# [The task]
Each line of the listing that includes the string "paths" needs to be located and copied.

┄┄┄┄┄┄

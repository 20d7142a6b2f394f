//! Laws of all names: each function does nothing, and its contract is the law.
ghost use Rattle.unit_name.specs.Laws.{PartsAreRead, PartsAreUnique, NamesHaveNoFault, InstanceIsSet, TemplateIsShared};
ghost use Rattle.unit_name.specs.Words.{WordsAreExpanded};

/// The parts that make up a name are those that `kind`, `instance` and `unit_type` return, and no
/// others.
pub fn parts_are_read()
    ensures read { PartsAreRead }
    ensures unique { PartsAreUnique }
{}

/// A text matches the grammar of names exactly if it has no fault.
pub fn names_have_no_fault()
    ensures { NamesHaveNoFault }
{}

/// A change of instance keeps the rest of a name, and can be undone.
pub fn instances_keep_the_rest()
    ensures set { InstanceIsSet }
    ensures shared { TemplateIsShared }
{}

/// A word expands to a text exactly if it consists of pieces whose values make up the text: bytes
/// other than `%`, each with itself as its value, and specifiers, each with its value for the name.
/// No other word is expanded.
pub fn words_are_expanded_by_pieces()
    ensures { WordsAreExpanded }
{}
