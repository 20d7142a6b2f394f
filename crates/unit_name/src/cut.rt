//! A text, split at one byte.
ghost use Rattle.std.specs.Prelude.{◌≡◌, ◌==◌, true, false, MatchOption};
ghost use Rattle.std.specs.List.{list_any, before_first, after_first, before_last, after_last};

/// The text before the first `byte`, and the text after it.
pub(crate) fn cut_at_first(text: &[u8], byte: u8) -> Option<(&[u8], &[u8])>
    ensures { MatchOption result (list_any (λ b. b == byte) text.now ≡ false) (λ cut. (list_any (λ b. b == byte) text.now ≡ true) × (cut.0.now ≡ before_first (λ b. b == byte) text.now) × (cut.1.now ≡ after_first (λ b. b == byte) text.now)) }
{
    for (i, b) in text.iter().enumerate() {
        if *b == byte {
            return Some((&text[..i], &text[i + 1..]));
        }
    }
    None
}

/// The text before the last `byte`, and the text after it.
pub(crate) fn cut_at_last(text: &[u8], byte: u8) -> Option<(&[u8], &[u8])>
    ensures { MatchOption result (list_any (λ b. b == byte) text.now ≡ false) (λ cut. (list_any (λ b. b == byte) text.now ≡ true) × (cut.0.now ≡ before_last (λ b. b == byte) text.now) × (cut.1.now ≡ after_last (λ b. b == byte) text.now)) }
{
    for i in (0..text.len()).rev() {
        if text[i] == byte {
            return Some((&text[..i], &text[i + 1..]));
        }
    }
    None
}
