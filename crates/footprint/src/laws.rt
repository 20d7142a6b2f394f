//! What holds for all operations and keys: each function does nothing, and its contract is the law.
ghost use Rattle.footprint.specs.Laws.{AgreeAfterChanges, ComesToTheSame, IsTakenBack, LeftAllAtOnce, MayChangePlaces, RefusedAtTheLeast};

use crate::operation::Operation;

/// Trees that agree on a key still agree on it after the same changes, whatever else differs
/// between them.
pub fn trees_agree_after_the_same_changes()
    ensures { AgreeAfterChanges }
{}

/// An operation answers, changes and sees the same in trees that agree on the keys of its reading.
pub fn outcomes_follow_from_what_is_seen<A: Operation>()
    ensures { ComesToTheSame A.meaning }
{}

/// The inverse changes undo what an operation changes, and the result is exactly the tree before.
pub fn operations_are_taken_back<A: Operation>()
    ensures { IsTakenBack A.meaning }
{}

/// Two commands, one right after the other, can be swapped if neither makes a change that touches a
/// key at which the other looks.
pub fn commands_may_change_places<A: Operation, B: Operation>()
    ensures { MayChangePlaces A.meaning B.meaning }
{}

/// Links that are wanted all at once are refused exactly if something is in the way of one of them,
/// and the refusal names the least such path. Otherwise each of them is made, and all other entries
/// stay.
pub fn all_at_once_is_refused_at_the_least_path()
    ensures refused { RefusedAtTheLeast }
    ensures left { LeftAllAtOnce }
{}
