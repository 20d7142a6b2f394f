ghost use Rattle.std.specs.Prelude.{None};
ghost use Rattle.byte_streams.specs.declared.counters.Counters.{Counters};

use byte_streams::{
    Counters, FromRead, Line, ReadError, Source, Stop, read_bytes, read_line, skip_prefix,
};
use sample_rows::{Row, assert_rows, is, number_of, yes_or_no};
use std::alloc::{AllocError, Global};
use std::test::Fail;

const ROWS: &[u8] = b"\
    # Lines are read in pieces of 128 bytes: one may end with a piece, or have more than one.\n\
    # A line of so many bytes, read as one of at most so many: with a LF, and as the last.\n\
    line\t0\t127\twhole, last\n\
    line\t0\t128\twhole, last\n\
    line\t0\t129\twhole, last\n\
    line\t0\t300\twhole, last\n\
    line\t127\t127\twhole, last\n\
    line\t127\t128\twhole, last\n\
    line\t127\t129\twhole, last\n\
    line\t127\t300\twhole, last\n\
    line\t128\t127\ttoo long, too long\n\
    line\t128\t128\twhole, last\n\
    line\t128\t129\twhole, last\n\
    line\t128\t300\twhole, last\n\
    line\t129\t127\ttoo long, too long\n\
    line\t129\t128\ttoo long, too long\n\
    line\t129\t129\twhole, last\n\
    line\t129\t300\twhole, last\n\
    line\t300\t127\ttoo long, too long\n\
    line\t300\t128\ttoo long, too long\n\
    line\t300\t129\ttoo long, too long\n\
    line\t300\t300\twhole, last\n\
    \n\
    # Lines follow one another: so many, of so many bytes.\n\
    lines\t12\t3000\tyes\n\
    \n\
    # No byte is taken behind the one that decides: of 400 bytes, in a line of at most so many.\n\
    line of 400\t0\t\ttoo long, 399 left\n\
    line of 400\t3\t\ttoo long, 396 left\n\
    line of 400\t127\t\ttoo long, 272 left\n\
    line of 400\t128\t\ttoo long, 271 left\n\
    line of 400\t129\t\ttoo long, 270 left\n\
    line of 400\t255\t\ttoo long, 144 left\n\
    line of 400\t300\t\ttoo long, 99 left\n\
    prefix\tabx.\tabc\tno, then .\n\
    prefix\tac\tab\tno, then nothing\n\
    \n\
    # A prefix, three bytes and a line, from a reader that is lent: what follows stays in it.\n\
    front\tabxyz12\\nrest\tab\ttrue, 3 and 2 bytes, then rest\n\
    \n\
    # Bytes end with the input.\n\
    three bytes\tab\t\tnone\n";

/// Gives only one byte at a time.
#[derive(Drop)]
struct OneByOne<'a> {
    left: &'a [u8],
}

impl<'a> Source for OneByOne<'a> {
    ghost left = { λ _. None };

    ghost counters = { λ _. record { failures = 0; interruptions = 0; longest_row = 0 } };

    fn byte(&mut self) -> Result<Option<u8>, Stop> {
        match self.left {
            [byte, rest @ ..] => {
                self.left = rest;
                Ok(Some(*byte))
            }
            [] => Ok(None),
        }
    }
}

/// How a line that is too long is reported.
const TOO_LONG: u8 = 7;

/// What was read instead of a line that should have this text.
fn line_in_words(read: &Result<Line, ReadError<u8>>, text: &[u8]) -> &'static [u8] {
    match read {
        Ok(Line::Whole(found)) if found.as_slice() == text => b"whole",
        Ok(Line::Last(found)) if found.as_slice() == text => b"last",
        Ok(_) => b"another text",
        Err(ReadError::Fault(TOO_LONG)) => b"too long",
        Err(_) => b"another fault",
    }
}

/// What a line is that should have this text.
fn line_from<S: Source>(
    alloc: Global,
    source: &mut S,
    limit: usize,
    text: &[u8],
) -> Result<&'static [u8], AllocError> {
    let read = read_line(alloc, source, limit, TOO_LONG);
    if matches!(read, Err(ReadError::OutOfMemory)) {
        return Err(AllocError);
    }
    Ok(line_in_words(&read, text))
}

/// What the first line of an input is, read in pieces and byte by byte.
fn line_in(
    alloc: Global,
    input: &[u8],
    limit: usize,
    text: &[u8],
) -> Result<&'static [u8], AllocError> {
    let in_pieces = line_from(alloc, &mut FromRead::new(input), limit, text)?;
    if line_from(alloc, &mut OneByOne { left: input }, limit, text)? != in_pieces {
        return Ok(b"otherwise byte by byte");
    }
    Ok(in_pieces)
}

/// What a line of this number of bytes is, with a LF and more after it, and as the last.
fn line_of(alloc: Global, len: usize, limit: usize) -> Result<Vec<u8>, AllocError> {
    let mut input = Vec::from_elem(alloc, b'x', 304)?;
    if let Some(end) = input.get_mut(len) {
        *end = b'\n';
    }
    let text = input.get(..len).unwrap_or(b"");
    let whole = line_in(alloc, &input, limit, text)?;
    let last = line_in(alloc, text, limit, text)?;
    [whole, b", ", last].concat(alloc)
}

/// Whether a source has this number of lines of this text, and no byte more.
fn has_lines<S: Source>(
    alloc: Global,
    source: &mut S,
    count: usize,
    text: &[u8],
) -> Result<bool, AllocError> {
    for _line in 0..count {
        if line_from(alloc, source, text.len(), text)? != b"whole".as_slice() {
            return Ok(false);
        }
    }
    Ok(line_from(alloc, source, text.len(), b"")? == b"last".as_slice())
}

/// Whether an input has this number of lines of this text, read in pieces and byte by byte.
fn are_lines(alloc: Global, input: &[u8], count: usize, text: &[u8]) -> Result<bool, AllocError> {
    Ok(
        has_lines(alloc, &mut FromRead::new(input), count, text)?
            && has_lines(alloc, &mut OneByOne { left: input }, count, text)?,
    )
}

/// Whether this number of lines of this number of bytes follow one another.
fn follow_one_another(alloc: Global, count: usize, len: usize) -> Result<Vec<u8>, AllocError> {
    let mut line = Vec::from_elem(alloc, b'x', len)?;
    line.push(b'\n')?;
    let input = line.repeat(alloc, count)?;
    let text = line.get(..len).unwrap_or(b"");
    yes_or_no(alloc, are_lines(alloc, &input, count, text)?)
}

/// Reads a line that is too long: how many of the bytes are left.
fn line_of_400(alloc: Global, limit: usize) -> Result<Vec<u8>, AllocError> {
    let input = Vec::from_elem(alloc, b'x', 400)?;
    let mut left = input.as_slice();
    match read_line(alloc, &mut FromRead::new(&mut left), limit, TOO_LONG) {
        Err(ReadError::Fault(TOO_LONG)) => {
            let count = left.len();
            Ok(format!(in alloc; "too long, {count} left")?.into_bytes())
        }
        Err(ReadError::OutOfMemory) => Err(AllocError),
        _ => Vec::from_slice(alloc, b"another line"),
    }
}

/// Whether an input begins with a prefix, and what is left of it then.
fn prefix_of(alloc: Global, input: &[u8], prefix: &[u8]) -> Result<Vec<u8>, AllocError> {
    let mut left = input;
    let found: &[u8] = match skip_prefix(prefix, &mut FromRead::new(&mut left)) {
        Ok(true) => b"yes",
        Ok(false) => b"no",
        Err(_) => b"a fault",
    };
    let rest = if left.is_empty() { b"nothing" } else { left };
    [found, b", then ", rest].concat(alloc)
}

/// Whether there is a prefix, and how many bytes there are in three bytes and in a line after it.
fn read_front(
    alloc: Global,
    reader: &mut &[u8],
    prefix: &[u8],
) -> Result<(bool, usize, usize), ReadError<u8>> {
    let mut source = FromRead::new(reader);
    let found = skip_prefix(prefix, &mut source)?;
    let bytes: Option<Vec<u8>> = read_bytes::<_, u8>(alloc, &mut source, 3)?;
    let line = match read_line(alloc, &mut source, 9, TOO_LONG)? {
        Line::Whole(text) | Line::Last(text) => text.len(),
    };
    Ok((found, bytes.map_or(0, |bytes| bytes.len()), line))
}

/// What is read from a borrowed reader, and what is left in it.
fn front_of(alloc: Global, input: &[u8], prefix: &[u8]) -> Result<Vec<u8>, AllocError> {
    let mut left = input;
    let (found, bytes, line) = match read_front(alloc, &mut left, prefix) {
        Ok(front) => front,
        Err(ReadError::OutOfMemory) => return Err(AllocError),
        Err(_) => return Vec::from_slice(alloc, b"a fault"),
    };
    let mut out = format!(in alloc; "{found}, {bytes} and {line} bytes, then ")?.into_bytes();
    out.extend_from_slice(left)?;
    Ok(out)
}

fn three_bytes(alloc: Global, input: &[u8]) -> Result<Vec<u8>, AllocError> {
    match read_bytes::<_, u8>(alloc, &mut FromRead::new(input), 3) {
        Ok(Some(bytes)) => Ok(bytes),
        Ok(None) => Vec::from_slice(alloc, b"none"),
        Err(ReadError::OutOfMemory) => Err(AllocError),
        Err(_) => Vec::from_slice(alloc, b"a fault"),
    }
}

fn answer(alloc: Global, row: &Row) -> Result<Vec<u8>, AllocError> {
    let number = number_of(&row.one);
    if is(row, b"line") {
        line_of(alloc, number, number_of(&row.two))
    } else if is(row, b"lines") {
        follow_one_another(alloc, number, number_of(&row.two))
    } else if is(row, b"line of 400") {
        line_of_400(alloc, number)
    } else if is(row, b"prefix") {
        prefix_of(alloc, &row.one, &row.two)
    } else if is(row, b"front") {
        front_of(alloc, &row.one, &row.two)
    } else if is(row, b"three bytes") {
        three_bytes(alloc, &row.one)
    } else {
        Vec::from_slice(alloc, b"unknown kind")
    }
}

#[test]
fn lines_and_bytes_are_read_as_far_as_they_go(rt: HostRuntime) -> Result<(), Fail> {
    assert_rows(rt.alloc(), ROWS, answer)
}
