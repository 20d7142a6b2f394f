ghost use Rattle.std.specs.Prelude.{None};

use crate::texts::numbers_of;
use byte_streams::{BufferedWriter, ToWrite, WriteFault};
use sample_rows::{Row, assert_rows, is};
use std::alloc::{AllocError, Global};
use std::io;
use std::io::Write;
use std::test::Fail;

const ROWS: &[u8] = b"\
    # Lines of so many bytes: they fit the buffer of 65,536 bytes, fill it, or are larger.\n\
    write\t1 2 3\t\tall whole\n\
    write\t65535 1 0\t\tall whole\n\
    write\t1 65535 65536\t\tall whole\n\
    write\t70000 5 70000\t\tall whole\n\
    \n\
    # A writer is flushed once.\n\
    flush\t\t\t1\n";

/// Writes lines of this number of bytes, and returns why the writing stopped, if it did. The room
/// for all the output is allocated first, since a `Vec` that can't grow is a write fault.
fn write_lines(
    alloc: Global,
    sizes: &[usize],
    room: &mut Vec<u8>,
) -> Result<Result<(), WriteFault>, AllocError> {
    room.reserve(150_000)?;
    let mut writer = BufferedWriter::new(alloc)?;
    let bytes = Vec::from_elem(alloc, b'x', 70000)?;
    let mut sink = ToWrite::new(room);
    for size in sizes {
        let piece = bytes.get(..*size).unwrap_or(&[]);
        if let Err(fault) = writer.write_pieces(&[piece, b"\n"], &mut sink) {
            return Ok(Err(fault));
        }
    }
    Ok(writer.finish(&mut sink))
}

/// Whether a text has lines of this number of bytes, and no byte more.
fn has_lines(text: &[u8], sizes: &[usize]) -> bool {
    let mut rest = text;
    for size in sizes {
        match rest.split_at_checked(*size) {
            Some((_line, [b'\n', behind @ ..])) => rest = behind,
            _ => return false,
        }
    }
    rest.is_empty()
}

fn written(alloc: Global, sizes: &[usize]) -> Result<Vec<u8>, AllocError> {
    let mut out = Vec::new(alloc);
    let told: &[u8] = match write_lines(alloc, sizes, &mut out)? {
        Ok(()) if has_lines(&out, sizes) => b"all whole",
        Ok(()) => b"other lines",
        Err(WriteFault(_)) => b"a fault",
    };
    Vec::from_slice(alloc, told)
}

/// Accepts all bytes, and counts how often it is flushed.
#[derive(Drop)]
struct Flushed {
    times: u32,
}

impl Write for Flushed {
    ghost contents = { λ _. None };

    fn write(&mut self, bytes: &[u8]) -> io::Result<usize> {
        Ok(bytes.len())
    }

    fn flush(&mut self) -> io::Result<()> {
        self.times = self.times.saturating_add(1);
        Ok(())
    }
}

/// How often a writer is flushed that is finished.
fn count_flushed(alloc: Global) -> Result<Vec<u8>, AllocError> {
    let writer = BufferedWriter::new(alloc)?;
    let mut flushed = Flushed { times: 0 };
    match writer.finish(&mut ToWrite::new(&mut flushed)) {
        Ok(()) => {
            let times = flushed.times;
            Ok(format!(in alloc; "{times}")?.into_bytes())
        }
        Err(WriteFault(_)) => Vec::from_slice(alloc, b"a fault"),
    }
}

fn answer(alloc: Global, row: &Row) -> Result<Vec<u8>, AllocError> {
    if is(row, b"write") {
        written(alloc, &numbers_of(alloc, &row.one)?)
    } else if is(row, b"flush") {
        count_flushed(alloc)
    } else {
        Vec::from_slice(alloc, b"unknown kind")
    }
}

#[test]
fn pieces_of_any_size_go_out_whole(rt: HostRuntime) -> Result<(), Fail> {
    assert_rows(rt.alloc(), ROWS, answer)
}
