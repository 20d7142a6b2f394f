//! The names of units: systemd.unit(5), "Description" and "Specifiers".
#![tactic(auto)]

mod ample;
mod compare;
mod cut;
mod fault;
mod kind;
mod laws;
mod name;
mod part;
mod specifier;

pub use fault::{ExpandError, InstanceError, InstanceFault, MAX_NAME, NameError, NameFault};
pub use kind::{Kind, UnitType};
pub use laws::{
    instances_keep_the_rest, names_have_no_fault, parts_are_read, words_are_expanded_by_pieces,
};
pub use name::{UnitName, is_unit_name, kind_in};
pub use specifier::expand;
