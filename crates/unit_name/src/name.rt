ghost use Rattle.std.specs.Prelude.{◌≡◌, ◌≢◌, ◌↔◌, IfOk, IsTrue, Some, true};
ghost use Rattle.std.specs.Option.{option_copied};
ghost use Rattle.unit_name.specs.Parts.{kind_of, IsUnitName};
ghost use Rattle.unit_name.specs.Name.{instance_of, type_of, template_of, is_unit_name, Parses, TakesInstance};

use crate::fault::{InstanceError, NameError};
use crate::kind::{Kind, UnitType};
use crate::part::{fault_of, instance_fault_of, instance_in, text_with_instance, type_in};
use std::alloc::{AllocError, Global};
use std::marker::Model;

/// The name of a unit, such as `ssh.service`, `getty@.service` or `getty@tty1.service`. Contracts
/// see its text.
///
/// systemd.unit(5), "Description".
#[derive(Debug, Drop)]
pub struct UnitName {
    text: Vec<u8>,
}

impl Model for UnitName {
    ghost use Rattle.std.specs.Prelude.{List, ℕ};
    ghost use Rattle.unit_name.specs.Parts.{IsUnitName};

    ghost Value = { List ℕ };

    ghost view = { λ name. name.text.items };

    ghost invariant = { λ name. IsUnitName name.text.items };
}

impl UnitName {
    /// Parses a name.
    pub fn parse(alloc: Global, text: &[u8]) -> Result<UnitName, NameError>
        ensures { Parses text.now result }
    {
        match fault_of(text) {
            Some(fault) => Err(NameError::Bad(fault)),
            None => Ok(UnitName {
                text: Vec::from_slice(alloc, text)?,
            }),
        }
    }

    /// The whole name, at most 255 bytes of ASCII.
    pub fn text(&self) -> &[u8]
        ensures text { result.now ≡ self.now }
        ensures name { IsUnitName self.now }
        ensures test { is_unit_name self.now ≡ true }
    {
        &self.text
    }

    /// An equal copy.
    pub fn copy(&self) -> Result<UnitName, AllocError>
        ensures { IfOk result (λ name. name ≡ self.now) }
    {
        Ok(UnitName {
            text: self.text.clone()?,
        })
    }

    /// Whether it is a template or an instance of one.
    pub fn kind(&self) -> Kind
        ensures { result ≡ kind_of (instance_of self.now) }
    {
        kind_in(self.text())
    }

    /// The type, given by the text after the last dot.
    pub fn unit_type(&self) -> UnitType
        ensures { type_of self.now ≡ Some result }
    {
        type_in(self.text()).unwrap()
    }

    /// The text between the first `@` and the last dot: empty in a template. A plain name has none.
    pub fn instance(&self) -> Option<&[u8]>
        ensures { option_copied result ≡ instance_of self.now }
    {
        instance_in(self.text())
    }

    /// The template of an instance, or of a template.
    pub fn template(&self, alloc: Global) -> Result<UnitName, AllocError>
        requires { kind_of (instance_of self.now) ≢ Kind.Plain }
        ensures { IfOk result (λ name. name ≡ template_of self.now) }
    {
        Ok(UnitName {
            text: text_with_instance(alloc, self.text(), &[])?,
        })
    }

    /// The name with this instance instead of its own. An empty one gives the template.
    pub fn with_instance(&self, alloc: Global, instance: &[u8]) -> Result<UnitName, InstanceError>
        requires { kind_of (instance_of self.now) ≢ Kind.Plain }
        ensures { TakesInstance self.now instance.now result }
    {
        match instance_fault_of(self.text(), instance) {
            Some(fault) => Err(InstanceError::Bad(fault)),
            None => Ok(UnitName {
                text: text_with_instance(alloc, self.text(), instance)?,
            }),
        }
    }
}

/// The kind of the unit name that has this text. For a text that isn't a unit name, whether it
/// looks like an instance or a template; takes no memory.
pub fn kind_in(text: &[u8]) -> Kind
    ensures { result ≡ kind_of (instance_of text.now) }
{
    match instance_in(text) {
        None => Kind::Plain,
        Some([]) => Kind::Template,
        Some(_) => Kind::Instance,
    }
}

/// Whether `UnitName::parse` accepts the text, unless memory runs out.
pub fn is_unit_name(text: &[u8]) -> bool
    ensures name { IsTrue result ↔ IsUnitName text.now }
    ensures test { result ≡ is_unit_name text.now }
{
    match fault_of(text) {
        Some(_) => false,
        None => true,
    }
}
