//! Changes by their paths.
ghost use Rattle.std.specs.Prelude.{◌≡◌, IfOk, OnOk};
ghost use Rattle.std.specs.Option.{option_copied};
ghost use Rattle.std.specs.FinMap as map;
ghost use Rattle.link_tree.specs.Differences.{same, with_change};
ghost use Rattle.link_tree.specs.Trees.{after_changes};
ghost use Rattle.footprint.specs.Net.{net, noted};
ghost use Rattle.footprint.specs.Operations.{AreChanges};

use crate::changes::Changes;
use link_tree::{Change, Entry, Tree, TreePath, copy_of};
use std::alloc::{AllocError, Global};
use std::collections::BTreeMap;
use std::marker::Model;
use tree_access::copy_entry;

/// Changes from a first tree to a later one, at most one for each path. Contracts see a finite map.
#[derive(Drop)]
pub struct NetChanges {
    by_path: BTreeMap<TreePath, Change>,
}

impl Model for NetChanges {
    ghost use Rattle.std.specs.FinMap as map;
    ghost use Rattle.link_tree.specs.declared.change.Change.{Change};
    ghost use Rattle.link_tree.specs.Trees.{path_cmp};
    ghost use Rattle.link_tree.specs.Values.{coded_path};
    ghost use Rattle.link_tree.specs.Differences.{coded_change};

    ghost Value = { map.FinMap path_cmp Change };

    ghost coded = { map.code coded_path coded_change };

    ghost view = { λ net. map.from_entries net.by_path.entries };
}

#[tactic(auto, unfolding(link_tree::specs::Differences::same))]
fn same(one: Option<&Entry>, other: Option<&Entry>) -> bool
    ensures { result ≡ same (option_copied one.entry) (option_copied other.entry) }
{
    match (one, other) {
        (None, None) => true,
        (Some(one), Some(other)) => one.same(other),
        _ => false,
    }
}

impl NetChanges {
    /// No changes. Allocates no memory.
    pub fn none(alloc: Global) -> NetChanges
        ensures { result ≡ map.empty }
    {
        NetChanges {
            by_path: BTreeMap::new(alloc),
        }
    }

    /// Records what was at a path first, and what is there now. If that is the same, the path has
    /// no change. Fails only if memory runs out.
    pub fn note(
        &mut self,
        path: &TreePath,
        before: Option<&Entry>,
        after: &Option<Entry>,
    ) -> Result<(), AllocError>
        ensures { OnOk result (self.new ≡ with_change self.old path.now (option_copied before.entry) after.now) }
    {
        if same(before, after.as_ref()) {
            self.remove(path);
            return Ok(());
        }
        self.insert(
            path.copy()?,
            Change {
                path: path.copy()?,
                before: copy_entry(before)?,
                after: copy_of(after)?,
            },
        )
    }

    /// Records this for each of the changes, starting from the tree to which they apply.
    fn note_all(&mut self, tree: &Tree, changes: &[Change]) -> Result<(), AllocError>
        ensures { OnOk result (self.new ≡ noted self.old tree.now changes.now) }
    {
        for change in changes {
            self.note(&change.path, tree.get(&change.path), &change.after)?;
        }
        Ok(())
    }

    fn remove(&mut self, path: &TreePath)
        ensures { self.new ≡ map.remove self.old path.now }
    {
        self.by_path.remove(path);
    }

    fn insert(&mut self, path: TreePath, change: Change) -> Result<(), AllocError>
        ensures { OnOk result (self.new ≡ map.insert self.old path change) }
    {
        self.by_path.insert(path, change)?;
        Ok(())
    }

    /// The changes in byte order of their paths. Fails only if memory runs out.
    pub fn into_changes(self, alloc: Global) -> Result<Changes, AllocError>
        ensures { IfOk result (λ changes. changes ≡ map.values self) }
    {
        let mut changes = Changes::none(alloc);
        for (_path, change) in self.by_path {
            changes.push(change)?;
        }
        Ok(changes)
    }
}

/// The net changes to the tree, the second list after the first: at each path from what is in the
/// tree to what is there after both. Fails only if memory runs out.
pub(crate) fn net_changes(
    alloc: Global,
    tree: &Tree,
    first: &Changes,
    second: &Changes,
) -> Result<Changes, AllocError>
    requires first { AreChanges tree.now first.now }
    requires second { AreChanges (after_changes first.now tree.now) second.now }
    ensures { IfOk result (λ changes. changes ≡ net first.now second.now) }
{
    let mut net = NetChanges::none(alloc);
    net.note_all(tree, first.as_slice())?;
    net.note_all(tree, second.as_slice())?;
    net.into_changes(alloc)
}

┄┄┄┄┄┄

# [The completed task]
//! Changes by their paths.
    /// The changes in byte order of their paths. Fails only if memory runs out.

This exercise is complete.